═════ STORED DATA

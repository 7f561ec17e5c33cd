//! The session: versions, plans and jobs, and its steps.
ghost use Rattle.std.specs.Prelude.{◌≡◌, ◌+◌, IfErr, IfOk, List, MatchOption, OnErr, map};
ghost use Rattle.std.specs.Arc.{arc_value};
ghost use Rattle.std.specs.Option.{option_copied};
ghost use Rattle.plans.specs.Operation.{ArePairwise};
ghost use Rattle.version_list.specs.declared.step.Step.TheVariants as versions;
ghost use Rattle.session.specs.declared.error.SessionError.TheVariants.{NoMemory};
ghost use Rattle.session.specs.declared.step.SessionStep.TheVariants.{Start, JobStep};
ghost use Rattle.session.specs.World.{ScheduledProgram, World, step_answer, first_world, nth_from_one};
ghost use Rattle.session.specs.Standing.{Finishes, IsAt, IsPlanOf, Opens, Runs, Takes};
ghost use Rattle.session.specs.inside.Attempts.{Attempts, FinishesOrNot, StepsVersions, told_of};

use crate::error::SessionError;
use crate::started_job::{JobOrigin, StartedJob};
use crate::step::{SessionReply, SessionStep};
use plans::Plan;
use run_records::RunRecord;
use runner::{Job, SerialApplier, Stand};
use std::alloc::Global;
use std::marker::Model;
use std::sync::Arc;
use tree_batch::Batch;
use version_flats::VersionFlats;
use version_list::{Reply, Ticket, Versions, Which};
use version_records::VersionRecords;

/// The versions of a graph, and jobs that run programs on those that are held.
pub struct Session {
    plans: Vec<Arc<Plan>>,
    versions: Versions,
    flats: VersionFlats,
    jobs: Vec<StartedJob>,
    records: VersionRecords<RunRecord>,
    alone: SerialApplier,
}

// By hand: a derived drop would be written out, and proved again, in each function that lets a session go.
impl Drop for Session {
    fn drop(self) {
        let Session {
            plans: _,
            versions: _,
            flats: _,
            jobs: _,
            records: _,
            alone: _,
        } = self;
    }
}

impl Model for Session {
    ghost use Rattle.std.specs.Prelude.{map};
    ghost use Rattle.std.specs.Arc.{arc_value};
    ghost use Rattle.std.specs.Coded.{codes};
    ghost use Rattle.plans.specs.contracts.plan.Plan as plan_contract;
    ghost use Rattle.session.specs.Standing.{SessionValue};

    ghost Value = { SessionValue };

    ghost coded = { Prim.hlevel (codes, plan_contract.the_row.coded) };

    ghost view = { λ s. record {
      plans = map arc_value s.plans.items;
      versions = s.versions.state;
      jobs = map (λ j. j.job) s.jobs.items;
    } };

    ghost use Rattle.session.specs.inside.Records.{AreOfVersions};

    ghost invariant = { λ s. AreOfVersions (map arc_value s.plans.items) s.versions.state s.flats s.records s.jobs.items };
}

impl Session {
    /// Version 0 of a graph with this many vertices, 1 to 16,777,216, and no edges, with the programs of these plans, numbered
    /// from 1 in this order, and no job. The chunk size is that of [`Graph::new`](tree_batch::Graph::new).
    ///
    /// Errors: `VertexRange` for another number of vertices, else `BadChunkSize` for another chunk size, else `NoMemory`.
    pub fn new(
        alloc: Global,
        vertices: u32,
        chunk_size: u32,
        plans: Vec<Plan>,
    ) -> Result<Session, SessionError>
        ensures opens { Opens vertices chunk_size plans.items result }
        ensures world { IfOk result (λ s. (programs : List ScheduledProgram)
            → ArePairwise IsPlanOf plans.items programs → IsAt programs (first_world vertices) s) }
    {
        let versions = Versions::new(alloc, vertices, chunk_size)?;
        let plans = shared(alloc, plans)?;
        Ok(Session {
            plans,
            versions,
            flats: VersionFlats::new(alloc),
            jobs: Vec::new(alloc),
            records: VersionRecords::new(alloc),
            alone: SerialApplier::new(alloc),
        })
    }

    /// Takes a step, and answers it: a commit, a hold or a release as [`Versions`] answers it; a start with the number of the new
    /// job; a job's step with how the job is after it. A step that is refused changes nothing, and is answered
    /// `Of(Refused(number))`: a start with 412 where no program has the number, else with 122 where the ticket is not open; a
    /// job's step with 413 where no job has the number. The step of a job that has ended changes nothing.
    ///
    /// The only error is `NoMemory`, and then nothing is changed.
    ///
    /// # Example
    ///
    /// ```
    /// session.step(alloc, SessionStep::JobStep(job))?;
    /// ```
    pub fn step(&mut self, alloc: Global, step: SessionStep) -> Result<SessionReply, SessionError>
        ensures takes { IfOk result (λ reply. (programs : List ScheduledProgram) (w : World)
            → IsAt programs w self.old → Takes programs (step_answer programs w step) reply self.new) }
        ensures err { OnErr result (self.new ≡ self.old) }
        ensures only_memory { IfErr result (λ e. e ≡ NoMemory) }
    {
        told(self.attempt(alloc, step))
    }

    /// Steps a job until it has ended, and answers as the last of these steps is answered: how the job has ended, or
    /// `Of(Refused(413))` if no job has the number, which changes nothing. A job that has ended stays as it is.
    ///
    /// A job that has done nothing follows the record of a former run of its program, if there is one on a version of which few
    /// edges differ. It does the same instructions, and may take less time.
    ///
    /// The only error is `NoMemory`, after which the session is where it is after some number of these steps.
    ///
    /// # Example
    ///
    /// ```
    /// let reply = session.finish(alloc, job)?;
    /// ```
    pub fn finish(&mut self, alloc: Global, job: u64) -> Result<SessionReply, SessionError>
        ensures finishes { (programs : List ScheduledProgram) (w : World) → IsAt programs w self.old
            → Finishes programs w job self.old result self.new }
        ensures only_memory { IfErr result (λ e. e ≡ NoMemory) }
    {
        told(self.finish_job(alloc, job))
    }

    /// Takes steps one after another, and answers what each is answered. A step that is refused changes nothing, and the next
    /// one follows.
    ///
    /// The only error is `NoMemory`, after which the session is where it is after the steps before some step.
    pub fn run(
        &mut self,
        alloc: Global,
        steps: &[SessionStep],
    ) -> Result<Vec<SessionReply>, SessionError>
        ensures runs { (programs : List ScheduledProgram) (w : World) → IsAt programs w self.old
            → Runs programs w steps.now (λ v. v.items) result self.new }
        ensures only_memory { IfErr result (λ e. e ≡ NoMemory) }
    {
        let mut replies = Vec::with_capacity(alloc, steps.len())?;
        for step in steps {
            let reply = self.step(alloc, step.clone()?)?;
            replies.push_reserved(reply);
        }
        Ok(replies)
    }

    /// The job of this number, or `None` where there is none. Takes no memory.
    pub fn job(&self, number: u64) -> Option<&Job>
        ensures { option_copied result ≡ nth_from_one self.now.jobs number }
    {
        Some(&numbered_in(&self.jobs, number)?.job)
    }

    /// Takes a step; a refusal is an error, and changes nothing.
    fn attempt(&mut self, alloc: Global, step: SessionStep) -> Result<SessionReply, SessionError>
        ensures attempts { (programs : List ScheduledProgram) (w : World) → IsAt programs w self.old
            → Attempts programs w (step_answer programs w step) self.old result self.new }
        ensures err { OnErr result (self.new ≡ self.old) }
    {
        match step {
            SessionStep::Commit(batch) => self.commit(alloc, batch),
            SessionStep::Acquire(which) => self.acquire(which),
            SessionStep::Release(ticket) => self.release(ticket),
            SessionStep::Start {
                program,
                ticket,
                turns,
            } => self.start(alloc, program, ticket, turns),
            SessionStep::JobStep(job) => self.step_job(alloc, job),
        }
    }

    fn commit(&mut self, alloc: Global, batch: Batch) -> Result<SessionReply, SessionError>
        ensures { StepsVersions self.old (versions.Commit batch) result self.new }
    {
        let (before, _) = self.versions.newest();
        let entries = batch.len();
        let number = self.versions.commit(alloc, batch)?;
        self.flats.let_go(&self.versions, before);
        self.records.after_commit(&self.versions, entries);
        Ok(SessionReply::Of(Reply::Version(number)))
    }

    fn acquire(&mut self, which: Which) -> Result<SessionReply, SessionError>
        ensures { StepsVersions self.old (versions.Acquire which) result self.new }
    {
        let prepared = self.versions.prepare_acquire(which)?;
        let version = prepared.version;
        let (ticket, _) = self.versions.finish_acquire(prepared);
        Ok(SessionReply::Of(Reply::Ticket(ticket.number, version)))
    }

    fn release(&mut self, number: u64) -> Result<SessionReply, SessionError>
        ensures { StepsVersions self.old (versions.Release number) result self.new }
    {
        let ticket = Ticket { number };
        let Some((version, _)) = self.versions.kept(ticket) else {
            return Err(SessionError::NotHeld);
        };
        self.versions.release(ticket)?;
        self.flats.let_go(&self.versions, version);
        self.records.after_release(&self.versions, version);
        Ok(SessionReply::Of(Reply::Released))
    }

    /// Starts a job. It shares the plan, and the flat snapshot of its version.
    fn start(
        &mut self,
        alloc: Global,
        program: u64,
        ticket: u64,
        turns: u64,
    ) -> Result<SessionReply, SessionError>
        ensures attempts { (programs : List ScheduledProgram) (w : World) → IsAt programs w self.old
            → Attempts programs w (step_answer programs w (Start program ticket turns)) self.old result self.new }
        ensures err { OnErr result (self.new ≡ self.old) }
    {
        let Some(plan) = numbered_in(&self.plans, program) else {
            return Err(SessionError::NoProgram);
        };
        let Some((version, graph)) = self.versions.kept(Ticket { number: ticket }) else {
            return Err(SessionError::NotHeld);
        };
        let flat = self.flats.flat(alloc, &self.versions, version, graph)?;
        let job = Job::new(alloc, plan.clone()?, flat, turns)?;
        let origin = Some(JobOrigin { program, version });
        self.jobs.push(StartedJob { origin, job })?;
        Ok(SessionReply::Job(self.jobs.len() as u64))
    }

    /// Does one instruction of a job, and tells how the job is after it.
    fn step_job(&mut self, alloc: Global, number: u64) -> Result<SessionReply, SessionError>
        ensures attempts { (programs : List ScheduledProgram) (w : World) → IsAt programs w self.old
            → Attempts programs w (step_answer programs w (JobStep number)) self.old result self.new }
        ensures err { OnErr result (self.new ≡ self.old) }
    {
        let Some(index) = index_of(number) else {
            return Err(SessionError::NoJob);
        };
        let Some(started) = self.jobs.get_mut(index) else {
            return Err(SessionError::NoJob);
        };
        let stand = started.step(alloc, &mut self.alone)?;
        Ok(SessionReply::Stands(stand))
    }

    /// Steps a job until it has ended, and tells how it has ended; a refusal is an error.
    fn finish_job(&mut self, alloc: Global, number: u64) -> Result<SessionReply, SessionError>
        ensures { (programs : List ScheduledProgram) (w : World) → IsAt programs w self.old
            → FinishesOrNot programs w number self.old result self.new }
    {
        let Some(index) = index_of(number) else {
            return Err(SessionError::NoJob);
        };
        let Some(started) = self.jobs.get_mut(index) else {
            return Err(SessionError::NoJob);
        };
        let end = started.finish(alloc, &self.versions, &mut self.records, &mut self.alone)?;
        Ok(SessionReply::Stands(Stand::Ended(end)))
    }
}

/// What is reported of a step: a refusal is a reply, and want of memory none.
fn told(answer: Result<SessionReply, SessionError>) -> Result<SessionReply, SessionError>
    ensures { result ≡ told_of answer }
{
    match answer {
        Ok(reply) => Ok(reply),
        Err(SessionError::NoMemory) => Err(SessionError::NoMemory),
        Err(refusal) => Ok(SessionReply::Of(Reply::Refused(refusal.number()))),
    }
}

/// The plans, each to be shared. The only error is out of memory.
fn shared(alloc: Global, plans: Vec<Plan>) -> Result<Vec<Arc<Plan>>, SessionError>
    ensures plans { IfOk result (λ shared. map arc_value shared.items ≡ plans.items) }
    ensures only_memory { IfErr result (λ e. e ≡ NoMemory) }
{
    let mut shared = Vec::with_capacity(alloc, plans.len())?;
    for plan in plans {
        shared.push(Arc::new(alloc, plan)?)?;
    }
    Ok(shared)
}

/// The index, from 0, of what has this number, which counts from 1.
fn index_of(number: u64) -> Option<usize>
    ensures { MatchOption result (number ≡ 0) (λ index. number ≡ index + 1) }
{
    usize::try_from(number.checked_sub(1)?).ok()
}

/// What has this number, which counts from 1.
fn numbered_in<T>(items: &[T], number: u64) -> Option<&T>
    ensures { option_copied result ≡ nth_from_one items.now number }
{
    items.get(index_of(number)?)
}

══════════
═════ STORED DATA

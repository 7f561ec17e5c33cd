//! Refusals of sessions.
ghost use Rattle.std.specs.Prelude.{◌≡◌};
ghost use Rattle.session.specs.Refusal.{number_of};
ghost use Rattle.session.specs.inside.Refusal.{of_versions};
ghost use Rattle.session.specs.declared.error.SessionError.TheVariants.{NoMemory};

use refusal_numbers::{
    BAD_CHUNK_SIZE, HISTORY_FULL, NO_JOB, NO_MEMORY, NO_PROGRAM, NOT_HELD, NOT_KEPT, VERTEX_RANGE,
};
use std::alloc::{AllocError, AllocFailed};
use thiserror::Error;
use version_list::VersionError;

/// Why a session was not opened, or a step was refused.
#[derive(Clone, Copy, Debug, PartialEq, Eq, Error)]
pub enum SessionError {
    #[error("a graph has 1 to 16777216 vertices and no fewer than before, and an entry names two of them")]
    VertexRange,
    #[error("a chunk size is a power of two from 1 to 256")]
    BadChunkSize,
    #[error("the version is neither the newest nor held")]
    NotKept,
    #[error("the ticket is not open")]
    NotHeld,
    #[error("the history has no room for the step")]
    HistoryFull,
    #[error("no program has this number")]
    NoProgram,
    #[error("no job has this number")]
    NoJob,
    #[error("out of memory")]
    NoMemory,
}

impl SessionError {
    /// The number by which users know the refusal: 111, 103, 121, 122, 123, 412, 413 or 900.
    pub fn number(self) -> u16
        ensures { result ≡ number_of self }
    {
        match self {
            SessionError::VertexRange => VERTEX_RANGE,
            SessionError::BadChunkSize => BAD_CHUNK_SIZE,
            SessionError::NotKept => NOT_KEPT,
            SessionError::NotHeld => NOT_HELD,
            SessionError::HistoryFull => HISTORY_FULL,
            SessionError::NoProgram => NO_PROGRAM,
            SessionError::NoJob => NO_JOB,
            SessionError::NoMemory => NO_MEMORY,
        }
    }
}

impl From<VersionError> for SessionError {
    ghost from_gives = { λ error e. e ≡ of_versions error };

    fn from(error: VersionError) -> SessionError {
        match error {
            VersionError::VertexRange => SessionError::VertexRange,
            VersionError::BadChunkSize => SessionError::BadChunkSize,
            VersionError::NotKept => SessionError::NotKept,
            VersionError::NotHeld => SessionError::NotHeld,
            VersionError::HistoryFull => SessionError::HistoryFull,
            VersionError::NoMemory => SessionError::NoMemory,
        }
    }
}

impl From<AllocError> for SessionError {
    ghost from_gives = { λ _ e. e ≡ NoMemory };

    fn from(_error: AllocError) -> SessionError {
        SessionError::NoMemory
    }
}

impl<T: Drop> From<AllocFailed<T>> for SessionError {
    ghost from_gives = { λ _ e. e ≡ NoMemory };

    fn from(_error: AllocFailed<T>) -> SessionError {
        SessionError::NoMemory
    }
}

══════════

#### [PROMPT]
Search the data for the string "follows" and copy out every line where it is found.

#### [EXERCISE RESPONSE]
    /// A job that has done nothing follows the record of a former run of its program, if there is one on a version of which few
    /// one follows.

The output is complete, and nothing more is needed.